Relatively high and inflexible salary and wage rates across many professional and semi-professional industries are problematic for a country that is losing opportunities because in so many fields it is just not competitive. As people are being expected to work harder and longer and to change their job functions, HR departments will be dealing with higher incidents of challenging behaviour that result from growing levels of anxiety, frustration and dissatisfaction. Expect increases in absenteeism, complaints about poor behaviour and work-related mental health claims.

The answer is to do your due diligence and get those policies, reporting procedures and compliance training programs sharpened. It won’t hurt to be clear about culture and behavioural expectations and to build the resilience of your leaders.

HR and L&D professionals will also be presented with the challenge of producing more with less. These are not the ideal circumstances for achieving best practice, but it should be looked at as a great opportunity to implement simple, back to basics strategies that can be seen to make a difference.

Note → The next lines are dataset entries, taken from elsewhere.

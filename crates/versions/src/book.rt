ghost use Rattle.std.specs.Prelude.{◌≡◌, ◌<◌, ◌^◌, ◌-◌, IfOk, IfSome, length, slice_get};
ghost use Rattle.std.specs.Prelude.{option_map, Some};
ghost use Rattle.versions.specs.Book.{accepted, first_book, with_change, CanAccept, HasRoom};

use crate::Request;
use crate::request::copy_of;
use jobs::{Func, Job};
use std::alloc::Global;
use std::marker::Model;
use tuple_trace::NoMemory;

/// The function of a node, and its version: how many changes of it were accepted.
#[derive(Debug, Drop)]
pub struct Current {
    pub version: u64,
    pub func: Func,
}

/// The current function and version of each node. Contracts see the list of them, by the numbers of
/// the nodes.
#[derive(Debug, Drop)]
pub struct Book {
    entries: Vec<Current>,
}

impl Model for Book {
    ghost use Rattle.std.specs.Prelude.{List};
    ghost use Rattle.versions.specs.declared.book.Current.{Current};

    ghost Value = { List Current };

    ghost view = { λ b. b.entries.items };
}

impl Book {
    /// Version 0, and the function that the job gives it, for every node.
    pub fn of(alloc: Global, job: &Job) -> Result<Book, NoMemory>
        ensures { IfOk result (λ book. book ≡ first_book job.now.nodes) }
    {
        let mut entries = Vec::new(alloc);
        for node in job.nodes.as_slice() {
            let func = copy_of(&node.func)?;
            entries.push(Current { version: 0, func })?;
        }
        Ok(Book { entries })
    }

    /// An equal book.
    pub fn copy(&self) -> Result<Book, NoMemory>
        ensures { IfOk result (λ copy. copy ≡ self.now) }
    {
        let mut entries = Vec::new(*self.entries.allocator());
        for current in self.entries.as_slice() {
            let func = copy_of(&current.func)?;
            entries.push(Current {
                version: current.version,
                func,
            })?;
        }
        Ok(Book { entries })
    }

    /// How many nodes there are.
    pub fn node_count(&self) -> usize
        ensures { result ≡ length self.now }
    {
        self.entries.len()
    }

    /// How many changes of a node were accepted. Takes no memory.
    pub fn version(&self, node: u32) -> u64
        requires { node < length self.now }
        ensures { option_map (λ current. current.version) (slice_get self.now node) ≡ Some result }
    {
        self.entries[node as usize].version
    }

    /// The current function of a node. Takes no memory.
    pub fn func(&self, node: u32) -> &Func
        requires { node < length self.now }
        ensures { option_map (λ current. current.func) (slice_get self.now node) ≡ Some result.now }
    {
        &self.entries[node as usize].func
    }

    pub(crate) fn as_slice(&self) -> &[Current]
        ensures { result.now ≡ self.now }
    {
        self.entries.as_slice()
    }

    /// Gives a node a new function and the next version.
    pub(crate) fn change(&mut self, node: u32, func: Func)
        requires there { node < length self.old }
        requires room { HasRoom self.old node }
        ensures { self.new ≡ with_change self.old node func }
    {
        let version = self.entries[node as usize].version + 1;
        self.entries[node as usize] = Current { version, func };
    }
}

/// The book once a request is accepted: each node that it changes has the new function and the next
/// version.
pub fn accept(book: &Book, request: &Request) -> Result<Book, NoMemory>
    requires { CanAccept book.now request.now.changes }
    ensures { IfOk result (λ next. next ≡ accepted book.now request.now.changes) }
{
    let mut next = book.copy()?;
    for change in request.changes.as_slice() {
        let func = copy_of(&change.func)?;
        next.change(change.node, func);
    }
    Ok(next)
}
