ghost use Rattle.std.specs.Prelude.{◌≡◌, ◌≤◌, ◌+◌, ◌*◌, ◌∷◌, None, Some, List, IfErr, IfOk, OnOk};
ghost use Rattle.std.specs.Prelude.{All, length};
ghost use Rattle.jobs.specs.Job.{job_view};
ghost use Rattle.versions.specs.Judged.{judged, judged_within};
ghost use Rattle.versions.specs.Judging.{fault_within};
ghost use Rattle.versions.specs.Young.{judged_on, IsYoung};
ghost use Rattle.versions.specs.declared.request.Request.{Request as RequestIs};

use crate::judging::late_split;
use crate::{
    Book, MAX_CHANGES, MAX_REQUESTS, MAX_STREAM_REQUESTS, QFault, Request, Requests, accept, judge,
};
use jobs::Job;
use std::alloc::Global;
use tuple_trace::{Items, NoMemory};

/// A request that isn't accepted.
#[derive(Clone, Copy, Debug, PartialEq, Eq)]
pub struct Refused {
    /// Its place in the file, counted from 1.
    pub place: u32,
    pub fault: QFault,
}

/// The refused requests in the order of the file.
pub type Refusals = Items<Refused>;

/// A list of requests, judged.
#[derive(Debug, Drop)]
pub struct Judged {
    /// The accepted requests, in order. Request r is the r-th of these, counted from 1.
    pub accepted: Requests,
    pub refused: Refusals,
}

/// Judges the requests of a job in order, each by the book that those before it leave. A refused
/// request changes nothing.
pub fn judge_all(alloc: Global, job: &Job, requests: &Requests) -> Result<Judged, NoMemory>
    requires count { length requests.now ≤ MAX_REQUESTS }
    requires changes { All (λ request. length request.changes ≤ MAX_CHANGES) requests.now }
    ensures { IfOk result (λ done. done ≡ judged (job_view job.now) requests.now) }
{
    judge_within(alloc, job, None, requests)
}

/// The same, where only the nodes of the mask `splits` may be splits, if there is a mask.
///
/// A stream settles these nodes when it begins, since plans are made for them. A change that makes
/// a split of any other node is then a fault of its request.
pub fn judge_within(
    alloc: Global,
    job: &Job,
    splits: Option<u64>,
    requests: &Requests,
) -> Result<Judged, NoMemory>
    requires count { length requests.now ≤ MAX_STREAM_REQUESTS }
    requires changes { All (λ request. length request.changes ≤ MAX_CHANGES) requests.now }
    ensures { IfOk result (λ done.
        done ≡ judged_within splits (job_view job.now) requests.now) }
{
    let mut bench = Bench {
        splits,
        book: Book::of(alloc, job)?,
        last_after: 0,
        accepted: Requests::new(alloc),
        refused: Refusals::new(alloc),
    };
    for (place, request) in requests.as_slice().iter().enumerate() {
        next(alloc, job, &mut bench, place as u32 + 1, request)?;
    }
    let Bench {
        accepted,
        refused,
        ..
    } = bench;
    Ok(Judged { accepted, refused })
}

/// A list of requests in the middle of its judging.
#[derive(Drop)]
struct Bench {
    splits: Option<u64>,
    book: Book,
    last_after: u64,
    accepted: Requests,
    refused: Refusals,
}

fn next(
    alloc: Global,
    job: &Job,
    bench: &mut Bench,
    place: u32,
    request: &Request,
) -> Result<(), NoMemory>
    requires few { length request.now.changes ≤ MAX_CHANGES }
    requires place { place ≤ MAX_STREAM_REQUESTS }
    requires young { IsYoung (job_view job.now) bench.old.book (place * MAX_CHANGES) }
    ensures young { OnOk result (IsYoung (job_view job.now) bench.new.book (place * MAX_CHANGES + MAX_CHANGES)) }
    ensures judged { OnOk result ((rest : List RequestIs)
        → judged_on (job_view job.now) bench.old place (request.now ∷ rest)
        ≡ judged_on (job_view job.now) bench.new (place + 1) rest) }
{
    match judge_at(bench, job, request) {
        Ok(()) => {
            let book = accept(&bench.book, request)?;
            let request = request.copy(alloc)?;
            bench.book = book;
            bench.last_after = request.after;
            bench.accepted.push(request)?;
        }
        Err(fault) => bench.refused.push(Refused { place, fault })?,
    }
    Ok(())
}

// Whether the next request is accepted, and else its first fault.
fn judge_at(bench: &Bench, job: &Job, request: &Request) -> Result<(), QFault>
    requires { length request.now.changes ≤ MAX_CHANGES }
    ensures ok { OnOk result (fault_within bench.now.splits bench.now.book (job_view job.now)
        request.now bench.now.last_after ≡ None) }
    ensures err { IfErr result (λ fault. fault_within bench.now.splits bench.now.book
        (job_view job.now) request.now bench.now.last_after ≡ Some fault) }
{
    judge(&bench.book, job, request, bench.last_after)?;
    match bench.splits {
        Some(splits) => late_split(splits, request.changes.as_slice()).map_or(Ok(()), Err),
        None => Ok(()),
    }
}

As for government, the so called ‘attack’ on workers’ pay and conditions, in particular the reform to penalty rates, may well gain greater momentum should there be continuing major industry ‘shut downs’. The values of jobs in some industries are growing daily.

A one-dimensional approach to learning will be problematic

Small, medium and large organisations that are really committed to the skill and knowledge development of their people will need to provide a range of learning solutions. One key reason for this is that the large differences in the ages of professionals in the workforce means that there is a wider range of learning preferences than ever before. While budgets and efficiency are typical reasons organisations are turning to eLearning as a prime learning methodology, there is a growing thought that some people learn better through an eLearning experience than in face-to-face training-especially if the eLearning experience is based upon cognitive loading principles. But the truth is, this isn’t the case for everyone.

There is still a degree of scepticism among Australian learning professionals that eLearning can be a ‘be all and end all’ learning methodology which may be healthy. 2017 will see an increasing use of eLearning as a methodology, but wading through the good and the garbage will be a prime role of L&D people. At the end of the day, it’s much better to have access to five quality-learning experiences than 200 that have no learning principles behind them at all.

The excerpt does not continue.